OKTOBER: Ich weiß, dass meine Musik ziemlich launisch ist und viel melancholische, herbstliche Stimmung ausstrahlt. Irgendwie wollte ich, dass mein Künstlername diese gemütliche, bunte, schmerzhafte Zeit des Jahres repräsentiert. Der Herbst ist mit Sicherheit meine Lieblingsjahreszeit: Alles in der Natur stirbt – aber in so schönen Farben, dass es der Wahnsinn ist. Und obwohl ich im Januar geboren bin, habe ich das Gefühl, dass ich und meine Musik in den Oktober gehören, oder dass ich mich zumindest dort am wohlsten fühle. Damit meine Musik richtig inszeniert werden kann, auch wenn es nicht das ganze Jahr über Herbst sein kann, habe ich die emanzipatorische Maßnahme ergriffen, selbst Herbst zu sein, denke ich.
indieRepublik: Wenn deine Musik ein Film wäre, in welchem Genre würde er spielen?

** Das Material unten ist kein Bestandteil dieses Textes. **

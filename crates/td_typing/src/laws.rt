//! The laws of the typing.
ghost use Rattle.td_typing.specs.Laws.{InferenceDecides, TypeIsUnique, TypeStays};

/// What is inferred is the typing, and what has a typing is inferred.
pub fn inference_decides()
    ensures { InferenceDecides }
{}

/// In one scope an expression has one tree and one kind of type at most.
pub fn type_is_unique()
    ensures { TypeIsUnique }
{}

/// An expression keeps its tree and its kind of type where more is defined.
pub fn type_stays()
    ensures { TypeStays }
{}
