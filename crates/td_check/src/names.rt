//! The names of definitions, and which of them nothing defines.
//!
//! A name is taken for defined where it stands in a definition that was accepted, as what it defines or as what that
//! names: so what is told to be defined by nothing is, and an attribute of some other relvar is not told.

use std::alloc::{AllocError, Global};
use td_tokens::{Token, TokenKind, Word};

/// The names of the definitions so far.
#[derive(Drop)]
pub struct Names<'a> {
    // In definitions that were accepted.
    known: Vec<&'a str>,
    // What was accepted as a type, a relvar or a constraint.
    defined: Vec<(TokenKind, &'a str)>,
    // Types, relvars and constraints that were refused.
    refused: Vec<&'a str>,
    // Given to their parts.
    lost: Vec<&'a str>,
}

// The word of the language at this place; None where a name or a literal stands there, or nothing.
fn word_at(tokens: &[Token<'_>], at: usize) -> Option<Word> {
    match tokens.get(at)?.kind {
        TokenKind::Word(word) => Some(word),
        _ => None,
    }
}

// Whether a value or a type may begin with this.
fn begins_value(kind: TokenKind) -> bool {
    match kind {
        TokenKind::Name | TokenKind::Int(_) | TokenKind::Text => true,
        TokenKind::Word(word) => matches!(
            word,
            Word::Boolean
                | Word::Integer
                | Word::Char
                | Word::Character
                | Word::Tuple
                | Word::Relation
                | Word::True
                | Word::False
                | Word::TableDee
                | Word::TableDum
                | Word::OpenParenthesis
                | Word::Dash
                | Word::Not
                | Word::Tclose
                | Word::IsEmpty
                | Word::Count
                | Word::Sum
                | Word::Max
                | Word::Min
                | Word::And
                | Word::Or
                | Word::If
                | Word::With
                | Word::Extend
                | Word::Summarize
        ),
    }
}

// Whether the name at this place is given there to a part of the definition: `AS Name`, `Name :=`, `{ Name type`.
fn introduces(tokens: &[Token<'_>], at: usize) -> bool {
    let next = at.saturating_add(1);
    let before = word_at(tokens, at.saturating_sub(1));
    match before {
        Some(Word::As | Word::Possrep) => true,
        Some(Word::OpenBrace | Word::Comma) => match tokens.get(next) {
            Some(token) => begins_value(token.kind) || word_at(tokens, next) == Some(Word::Assign),
            None => false,
        },
        _ => word_at(tokens, next) == Some(Word::Assign),
    }
}

// What a definition defines, where it has its first two words.
fn name_of<'a>(tokens: &[Token<'a>]) -> Option<&'a str> {
    match tokens {
        [first, name, ..] if name.kind == TokenKind::Name => match first.kind {
            TokenKind::Word(Word::Type | Word::Var | Word::Constraint) => Some(name.text),
            _ => None,
        },
        _ => None,
    }
}

// Whether the name is among these, at the cost of a walk along them.
fn has(names: &[&str], name: &str) -> bool {
    names.iter().any(|known| *known == name)
}

impl<'a> Names<'a> {
    pub fn new(alloc: Global) -> Names<'a> {
        Names {
            known: Vec::new(alloc),
            defined: Vec::new(alloc),
            refused: Vec::new(alloc),
            lost: Vec::new(alloc),
        }
    }

    /// Takes in the names of a definition that was accepted.
    pub fn accept(&mut self, tokens: &[Token<'a>]) -> Result<(), AllocError> {
        if let [first, name, ..] = tokens {
            self.defined.push((first.kind, name.text))?;
        }
        for token in tokens {
            if token.kind == TokenKind::Name && !has(&self.known, token.text) {
                self.known.push(token.text)?;
            }
        }
        Ok(())
    }

    /// Takes in what a definition that was refused would have defined.
    pub fn lose(&mut self, tokens: &[Token<'a>]) -> Result<(), AllocError> {
        if let Some(name) = name_of(tokens) {
            self.refused.push(name)?;
        }
        for (at, token) in tokens.iter().enumerate() {
            if token.kind == TokenKind::Name && introduces(tokens, at) {
                self.lost.push(token.text)?;
            }
        }
        Ok(())
    }

    // Whether a definition before has this name, as it is or as the component that an operator THE_ gives.
    fn is_known(&self, name: &str) -> bool {
        let component = name.strip_prefix("THE_").unwrap_or(name);
        has(&self.known, name) || has(&self.known, component)
    }

    /// The names in a definition that neither it nor one before it defines, each once.
    pub(crate) fn unknown_names(
        &self,
        alloc: Global,
        tokens: &[Token<'a>],
    ) -> Result<Vec<Token<'a>>, AllocError> {
        let own = names_introduced(alloc, tokens)?;
        let mut found: Vec<Token<'a>> = Vec::new(alloc);
        for (at, token) in tokens.iter().enumerate() {
            let is_used = token.kind == TokenKind::Name && at != 1;
            if is_used
                && !has(&own, token.text)
                && !self.is_known(token.text)
                && !found.iter().any(|before| before.text == token.text)
            {
                found.push(*token)?;
            }
        }
        Ok(found)
    }

    /// Whether a definition that was refused would have defined the name.
    pub(crate) fn is_lost(&self, name: &str) -> bool {
        let component = name.strip_prefix("THE_").unwrap_or(name);
        has(&self.refused, name) || has(&self.lost, component)
    }

    /// Whether a definition names a type, a relvar or a constraint that was refused.
    pub(crate) fn names_refused(&self, tokens: &[Token<'_>]) -> bool {
        tokens.iter().enumerate().any(|(at, token)| {
            at != 1 && token.kind == TokenKind::Name && has(&self.refused, token.text)
        })
    }

    /// Whether a definition has the name of one of its kind before it.
    pub(crate) fn is_twice(&self, tokens: &[Token<'a>]) -> bool {
        match tokens {
            [first, name, ..] => {
                let own = (first.kind, name.text);
                self.defined.iter().any(|it| *it == own)
            }
            _ => false,
        }
    }
}

// The names that a definition gives to its parts.
fn names_introduced<'a>(alloc: Global, tokens: &[Token<'a>]) -> Result<Vec<&'a str>, AllocError> {
    let mut own = Vec::new(alloc);
    for (at, token) in tokens.iter().enumerate() {
        if token.kind == TokenKind::Name && at != 1 && introduces(tokens, at) {
            own.push(token.text)?;
        }
    }
    Ok(own)
}
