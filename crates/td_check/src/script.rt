//! The script that a file has.

use crate::report::Report;
use std::alloc::AllocError;
use std::str;
use td_grammar::reader::SCRIPT_BYTES;

/// The line that ends a script.
const BEGIN: &str = ".begin";

const MARK: char = '\u{feff}';

// The front of the bytes that is text.
fn text_of(bytes: &[u8]) -> &str {
    match str::from_utf8(bytes) {
        Ok(text) => text,
        Err(e) => match bytes.get(..e.valid_up_to()) {
            Some(front) => str::from_utf8(front).unwrap_or(""),
            None => "",
        },
    }
}

// Where the line stands that is to end the script, and whether it does.
fn begin_of(text: &str) -> Option<(usize, bool)> {
    let mut at: usize = 0;
    for line in text.split_inclusive('\n') {
        if line.trim() == BEGIN {
            let content = line.strip_suffix('\n').unwrap_or(line);
            return Some((at, content.strip_suffix('\r').unwrap_or(content) == BEGIN));
        }
        at = at.saturating_add(line.len());
    }
    None
}

// Tells what else than definitions is wrong with a script, and gives where its definitions begin.
fn definitions_from(report: &mut Report<'_>, script: &str) -> Result<Option<usize>, AllocError> {
    if script.len() > SCRIPT_BYTES {
        report.count_refused();
        report.tell(script, SCRIPT_BYTES, "a script has at most 65536 bytes")?;
        return Ok(None);
    }
    if let Some(place) = script.find("\r\n") {
        report.tell(
            script,
            place,
            "note: lines end with CR LF here, and sites whose script has LF alone do not meet these",
        )?;
    }
    if !script.starts_with(MARK) {
        return Ok(Some(0));
    }
    report.count_refused();
    report.tell(script, 0, "a byte order mark, with which no script begins")?;
    Ok(Some(MARK.len_utf8()))
}

/// The script of a file, up to the line `.begin` or the file's end, and the byte from which on it has definitions.
/// Tells what is wrong with it as a whole; none where its definitions cannot be judged for that.
pub fn script_in<'a>(
    report: &mut Report<'_>,
    bytes: &'a [u8],
) -> Result<Option<(&'a str, usize)>, AllocError> {
    let text = text_of(bytes);
    let script = match begin_of(text) {
        Some((at, is_begin)) => {
            if !is_begin {
                report.count_refused();
                report.tell(
                    text,
                    at,
                    "a blank beside .begin, so that this line is no end of the script",
                )?;
            }
            text.split_at(text.floor_char_boundary(at)).0
        }
        None if text.len() < bytes.len() => {
            report.count_refused();
            report.tell(text, text.len(), "a byte that is no UTF-8")?;
            return Ok(None);
        }
        None => text,
    };
    Ok(definitions_from(report, script)?.map(|from| (script, from)))
}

OKTOBER: Nun, da viele meiner Songs akustisch sind und von Liebe handeln und ich selbst queer bin, denke ich, dass ich in einem Coming-of-Age-Drama mitspielen sollte. “The Perks of Being a Wallflower” oder “Juno” haben mich in einer sehr wichtigen Phase meiner musikalischen Reise begleitet und auch heute noch finde ich viel Inspiration in Musik, die einfach für diese Art von Filmen gemacht ist.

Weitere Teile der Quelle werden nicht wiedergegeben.